> **Task details**:
Of the entries that follow, how many lines hold the word "descriptor"? Reply with the number only.

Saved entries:
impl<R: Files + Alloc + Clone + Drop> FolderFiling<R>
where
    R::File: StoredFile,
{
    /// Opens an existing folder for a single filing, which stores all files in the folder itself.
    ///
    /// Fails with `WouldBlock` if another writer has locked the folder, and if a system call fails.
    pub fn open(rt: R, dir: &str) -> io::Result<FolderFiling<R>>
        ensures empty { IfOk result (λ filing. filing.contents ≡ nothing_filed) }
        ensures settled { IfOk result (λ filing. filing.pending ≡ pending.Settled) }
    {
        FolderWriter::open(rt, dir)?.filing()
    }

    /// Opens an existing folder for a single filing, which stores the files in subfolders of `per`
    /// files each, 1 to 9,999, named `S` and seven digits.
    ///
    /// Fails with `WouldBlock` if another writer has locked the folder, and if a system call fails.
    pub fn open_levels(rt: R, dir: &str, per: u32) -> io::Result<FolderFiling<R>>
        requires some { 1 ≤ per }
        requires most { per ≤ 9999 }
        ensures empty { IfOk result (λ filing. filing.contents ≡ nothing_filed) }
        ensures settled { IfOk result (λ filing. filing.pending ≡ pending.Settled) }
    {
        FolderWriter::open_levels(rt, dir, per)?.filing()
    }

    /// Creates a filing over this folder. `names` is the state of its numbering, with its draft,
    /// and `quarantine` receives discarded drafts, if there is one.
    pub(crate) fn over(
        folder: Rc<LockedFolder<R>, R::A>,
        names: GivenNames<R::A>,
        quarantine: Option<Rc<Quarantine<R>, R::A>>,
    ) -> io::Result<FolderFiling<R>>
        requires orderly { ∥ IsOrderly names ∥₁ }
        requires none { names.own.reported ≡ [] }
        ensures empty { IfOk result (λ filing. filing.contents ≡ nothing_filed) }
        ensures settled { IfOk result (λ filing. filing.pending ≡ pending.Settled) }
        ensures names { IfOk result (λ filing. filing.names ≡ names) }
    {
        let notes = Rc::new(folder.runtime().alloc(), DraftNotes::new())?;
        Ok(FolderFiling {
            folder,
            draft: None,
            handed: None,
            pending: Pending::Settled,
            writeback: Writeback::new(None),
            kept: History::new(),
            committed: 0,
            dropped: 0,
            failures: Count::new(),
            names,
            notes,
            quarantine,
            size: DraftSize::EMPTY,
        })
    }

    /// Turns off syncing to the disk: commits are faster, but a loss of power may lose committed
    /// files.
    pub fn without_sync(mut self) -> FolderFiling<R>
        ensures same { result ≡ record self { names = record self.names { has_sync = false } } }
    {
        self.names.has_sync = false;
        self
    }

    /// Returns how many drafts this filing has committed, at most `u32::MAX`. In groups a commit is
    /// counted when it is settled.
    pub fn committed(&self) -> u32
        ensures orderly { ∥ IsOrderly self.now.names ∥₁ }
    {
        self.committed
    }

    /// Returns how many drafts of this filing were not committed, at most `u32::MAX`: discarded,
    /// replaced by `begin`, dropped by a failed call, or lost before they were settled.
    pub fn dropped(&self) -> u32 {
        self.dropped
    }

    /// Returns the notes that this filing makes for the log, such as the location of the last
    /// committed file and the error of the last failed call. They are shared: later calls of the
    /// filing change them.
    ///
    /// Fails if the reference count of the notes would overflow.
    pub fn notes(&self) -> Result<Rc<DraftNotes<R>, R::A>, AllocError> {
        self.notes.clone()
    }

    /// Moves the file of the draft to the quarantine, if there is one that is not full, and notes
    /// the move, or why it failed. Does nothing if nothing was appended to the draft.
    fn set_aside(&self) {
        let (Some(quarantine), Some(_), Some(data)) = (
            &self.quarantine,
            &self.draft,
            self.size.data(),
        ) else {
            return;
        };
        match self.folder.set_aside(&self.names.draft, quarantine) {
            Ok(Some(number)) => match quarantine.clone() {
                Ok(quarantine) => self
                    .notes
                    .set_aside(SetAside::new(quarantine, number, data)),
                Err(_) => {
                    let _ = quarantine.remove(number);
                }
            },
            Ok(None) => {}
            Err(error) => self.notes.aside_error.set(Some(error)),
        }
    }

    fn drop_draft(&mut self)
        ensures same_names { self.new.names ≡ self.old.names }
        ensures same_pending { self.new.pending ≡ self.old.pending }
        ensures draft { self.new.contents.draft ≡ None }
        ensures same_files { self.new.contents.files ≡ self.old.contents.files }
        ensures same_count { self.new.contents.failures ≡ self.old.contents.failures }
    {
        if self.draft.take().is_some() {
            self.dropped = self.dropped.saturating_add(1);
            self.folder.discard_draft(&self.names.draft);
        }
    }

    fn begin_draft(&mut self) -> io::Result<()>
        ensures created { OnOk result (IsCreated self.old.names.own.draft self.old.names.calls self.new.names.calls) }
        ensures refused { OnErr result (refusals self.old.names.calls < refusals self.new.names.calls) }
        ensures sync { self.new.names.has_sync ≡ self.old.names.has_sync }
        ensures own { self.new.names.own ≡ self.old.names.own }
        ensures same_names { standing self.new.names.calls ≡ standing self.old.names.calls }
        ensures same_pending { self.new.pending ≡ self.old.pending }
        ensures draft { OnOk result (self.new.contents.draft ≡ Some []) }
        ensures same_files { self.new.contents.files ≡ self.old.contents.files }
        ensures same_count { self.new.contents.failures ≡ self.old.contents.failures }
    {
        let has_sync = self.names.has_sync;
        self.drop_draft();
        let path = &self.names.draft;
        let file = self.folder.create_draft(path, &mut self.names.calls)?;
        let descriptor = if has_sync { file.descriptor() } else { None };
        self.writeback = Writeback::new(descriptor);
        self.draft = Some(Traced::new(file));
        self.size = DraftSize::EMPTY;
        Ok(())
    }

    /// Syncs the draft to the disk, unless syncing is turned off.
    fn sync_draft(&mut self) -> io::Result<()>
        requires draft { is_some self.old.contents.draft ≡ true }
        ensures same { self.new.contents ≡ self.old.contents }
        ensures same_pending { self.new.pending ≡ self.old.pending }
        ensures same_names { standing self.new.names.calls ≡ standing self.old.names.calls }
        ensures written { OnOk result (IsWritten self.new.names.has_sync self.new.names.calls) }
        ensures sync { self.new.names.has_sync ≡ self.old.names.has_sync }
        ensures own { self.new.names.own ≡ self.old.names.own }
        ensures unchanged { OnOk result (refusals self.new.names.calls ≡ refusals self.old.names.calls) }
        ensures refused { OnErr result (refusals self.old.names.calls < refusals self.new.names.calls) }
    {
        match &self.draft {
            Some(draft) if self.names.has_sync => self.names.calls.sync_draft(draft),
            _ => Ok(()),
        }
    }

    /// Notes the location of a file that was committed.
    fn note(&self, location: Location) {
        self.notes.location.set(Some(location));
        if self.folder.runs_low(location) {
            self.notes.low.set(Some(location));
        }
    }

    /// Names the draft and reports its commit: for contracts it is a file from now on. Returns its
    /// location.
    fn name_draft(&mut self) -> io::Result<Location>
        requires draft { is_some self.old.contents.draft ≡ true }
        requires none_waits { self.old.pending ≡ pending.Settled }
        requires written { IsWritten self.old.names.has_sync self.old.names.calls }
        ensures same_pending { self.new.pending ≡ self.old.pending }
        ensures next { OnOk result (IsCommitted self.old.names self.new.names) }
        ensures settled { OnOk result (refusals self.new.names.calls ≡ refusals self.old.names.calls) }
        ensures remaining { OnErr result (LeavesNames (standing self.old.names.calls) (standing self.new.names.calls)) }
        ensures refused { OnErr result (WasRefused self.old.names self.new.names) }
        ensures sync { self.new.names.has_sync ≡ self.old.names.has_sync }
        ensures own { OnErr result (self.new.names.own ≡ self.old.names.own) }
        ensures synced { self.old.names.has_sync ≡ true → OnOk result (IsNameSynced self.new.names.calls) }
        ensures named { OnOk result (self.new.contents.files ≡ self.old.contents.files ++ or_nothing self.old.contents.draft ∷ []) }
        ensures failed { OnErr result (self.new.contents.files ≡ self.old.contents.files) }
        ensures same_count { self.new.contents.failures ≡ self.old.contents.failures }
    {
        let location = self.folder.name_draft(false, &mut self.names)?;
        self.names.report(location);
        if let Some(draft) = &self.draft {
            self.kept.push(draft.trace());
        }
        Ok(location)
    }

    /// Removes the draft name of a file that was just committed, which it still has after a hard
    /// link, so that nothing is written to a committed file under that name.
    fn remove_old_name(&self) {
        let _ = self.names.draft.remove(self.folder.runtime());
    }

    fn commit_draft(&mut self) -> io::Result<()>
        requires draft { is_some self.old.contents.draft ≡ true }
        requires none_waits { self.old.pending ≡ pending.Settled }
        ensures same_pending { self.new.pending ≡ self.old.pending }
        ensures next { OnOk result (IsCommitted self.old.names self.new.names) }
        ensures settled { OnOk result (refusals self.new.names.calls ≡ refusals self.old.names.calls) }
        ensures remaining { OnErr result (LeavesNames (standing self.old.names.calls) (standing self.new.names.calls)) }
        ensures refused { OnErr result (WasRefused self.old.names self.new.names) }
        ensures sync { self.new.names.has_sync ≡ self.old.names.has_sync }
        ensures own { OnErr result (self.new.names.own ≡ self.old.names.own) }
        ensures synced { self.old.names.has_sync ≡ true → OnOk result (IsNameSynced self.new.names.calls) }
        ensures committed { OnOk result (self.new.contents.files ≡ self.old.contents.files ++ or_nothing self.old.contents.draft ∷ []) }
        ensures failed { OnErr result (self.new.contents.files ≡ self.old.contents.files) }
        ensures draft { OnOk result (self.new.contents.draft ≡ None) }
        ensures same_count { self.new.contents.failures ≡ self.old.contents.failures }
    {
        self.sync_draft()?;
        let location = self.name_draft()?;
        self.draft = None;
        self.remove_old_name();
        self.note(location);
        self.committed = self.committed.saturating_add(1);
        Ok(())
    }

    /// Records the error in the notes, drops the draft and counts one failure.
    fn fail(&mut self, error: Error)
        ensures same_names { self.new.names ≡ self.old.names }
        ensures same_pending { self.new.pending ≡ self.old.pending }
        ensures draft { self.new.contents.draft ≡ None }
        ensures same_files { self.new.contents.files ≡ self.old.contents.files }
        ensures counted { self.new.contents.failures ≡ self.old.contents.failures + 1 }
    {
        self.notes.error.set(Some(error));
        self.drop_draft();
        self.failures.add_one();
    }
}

> **Output of the exercise**:
2